Не забывал России и Русанов, иначе бы его не волновали ни начавшаяся Русско-японская война 1904–1905 годов, ни совпавший с ней подъем революционного движения. В письме матери от 17 марта 1904 года он просит: «Напиши, пожалуйста, какие у вас по поводу войны настроения?» (1945, с. 376). О каких настроениях могла идти речь, если матросы 2-й Тихоокеанской эскадры, направлявшиеся на выручку осажденного Порт-Артура и оказавшиеся в аду Цусимы, отчетливо сознавали, что их победа приведет к поражению революции, а поражение в бою — к собственной гибели. Когда газеты сообщали о многочисленных революционных выступлениях, его сердце остается с Россией. «Вы мне не советуете в Россию впредь до успокоения, — читаем в письме Русанова родным от 30 марта 1907 года, — но я боюсь, что успокоения пришлось бы ждать долгие годы, не говоря ни о чем прочем, очень и очень интересно повидать родину именно теперь» (1945, с. 382).

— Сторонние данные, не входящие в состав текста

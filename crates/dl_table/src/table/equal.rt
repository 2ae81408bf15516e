//! Equality of tables: that of their formats, pairs and values.

ghost use Rattle.std.specs.Prelude.{◌≡◌, ◌≤◌, ◌↔◌, IsTrue, length, map};
ghost use Rattle.dl_table.specs.Held.{held_end, value_held, values_end};

use crate::table::Table;
use crate::table::held::StoredValue;

impl PartialEq for Table {
    ghost use Rattle.std.specs.Cmp.{partial_equiv_from_equiv};
    ghost use Rattle.dl_table.specs.Equal.{same_table};
    ghost use Rattle.dl_table.specs.EqualLaws.{same_table-laws as same_table_laws};

    ghost eq = { same_table };

    ghost laws = { partial_equiv_from_equiv same_table_laws };

    fn eq(&self, other: &Table) -> bool
        ensures value { result ≡ same_table self.now other.now }
        ensures exact { IsTrue result ↔ (self.now ≡ other.now) }
    {
        self.is_same(other)
    }
}

impl Eq for Table {
    ghost use Rattle.dl_table.specs.EqualLaws.{same_table-laws as same_table_laws};

    ghost laws = { same_table_laws };
}

impl Table {
    fn is_same(&self, other: &Table) -> bool
        ensures { IsTrue result ↔ (self.now ≡ other.now) }
    {
        self.has_same_pairs(other)
            && same_values(
                self.values.as_slice(),
                self.pool.as_slice(),
                other.values.as_slice(),
                other.pool.as_slice(),
            )
    }

    fn has_same_pairs(&self, other: &Table) -> bool
        ensures { IsTrue result ↔ ((self.now.format ≡ other.now.format)
            × (self.now.pairs ≡ other.now.pairs)) }
    {
        self.format() == other.format() && self.pairs() == other.pairs()
    }
}

/// Whether the values are the same, their bytes standing in these pools.
fn same_values(
    values: &[StoredValue],
    pool: &[u8],
    others: &[StoredValue],
    other_pool: &[u8],
) -> bool
    requires within { values_end values.now ≤ length pool.now }
    requires other_within { values_end others.now ≤ length other_pool.now }
    ensures { IsTrue result
        ↔ (map (value_held pool.now) values.now ≡ map (value_held other_pool.now) others.now) }
{
    if values.len() != others.len() {
        return false;
    }
    for (i, held) in values.iter().enumerate() {
        if !is_same_value(held, pool, &others[i], other_pool) {
            return false;
        }
    }
    true
}

fn is_same_value(held: &StoredValue, pool: &[u8], other: &StoredValue, other_pool: &[u8]) -> bool
    requires within { held_end held.now ≤ length pool.now }
    requires other_within { held_end other.now ≤ length other_pool.now }
    ensures { IsTrue result ↔ (value_held pool.now held.now ≡ value_held other_pool.now other.now) }
{
    held.lend(pool) == other.lend(other_pool)
}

На этом фоне совершенно естественным выглядит его письмо русскому военному министру Сахарову, поступок совершенно неординарный для политического эмигранта и революционера, каким представляют Русанова многие исследователи его биографии. «Зная, что вопрос о прохождении Балтийской эскадрой (в литературе обычно 2-й Тихоокеанской. — В. К.) через Северный Ледовитый океан обсуждался весьма компетентными лицами, я все же решаюсь представить на Ваше усмотрение свои собственные соображения по этому предмету» (1975, с. 16). Это письмо интересно с точки зрения, во-первых, отношения Русанова к судьбам страны и, во-вторых, его несомненным интересом к изучению Арктики. Думать о ней из Парижа представляется странным — и тем не менее это так. Поскольку высказанные в этом письме идеи были через несколько лет претворены Русановым в жизнь, уже поэтому письмо к Сахарову требует более детального рассмотрения, несмотря на то, что русановские предложения были отвергнуты компетентной комиссией по очевидной причине — осажденный Порт-Артур не мог ждать проведения исследований для обеспечения успешного похода русских военных кораблей к нему на помощь Северным морским путем. Однако на будущее многие предложения автора письма представляют несомненный интерес, а главное, многое объясняют в его последующей деятельности.
Возможность плавания в Северном Ледовитом океане Русанов уже тогда связывал с отепляющим влиянием Гольфстрима. При этом исследования он предлагал вести двумя отрядами, каждый из двух судов ледокольного типа, с востока (от Берингова пролива) и с запада — со стороны Атлантики. Частично эта идея нашла свое воплощение в исследованиях Гидрографической экспедиции Северного Ледовитого океана 1910–1915 годов, у истоков которой стоял Александр Васильевич Колчак.
Русановская программа наблюдений, изложенная в письме Сахарову, включала гидрографические и океанографические работы с передачей информации на материк доступными средствами — от почтовых голубей до телеграфа. «Этот флот, — писал Русанов, — если море окажется свободным, а прочие условия благоприятными, сможет достичь Тихого океана, затратив 18 дней приблизительно на переезд от Карских Ворот до Берингова пролива» (там же). Такой вывод при уровне тогдашнего мореплавания не представляется реальным. Первый поход наших военных кораблей в 30-е годы XX века занял почти три месяца, а за 18 суток был выполнен экспериментальный рейс весной 1978 года в сопровождении атомного ледокола.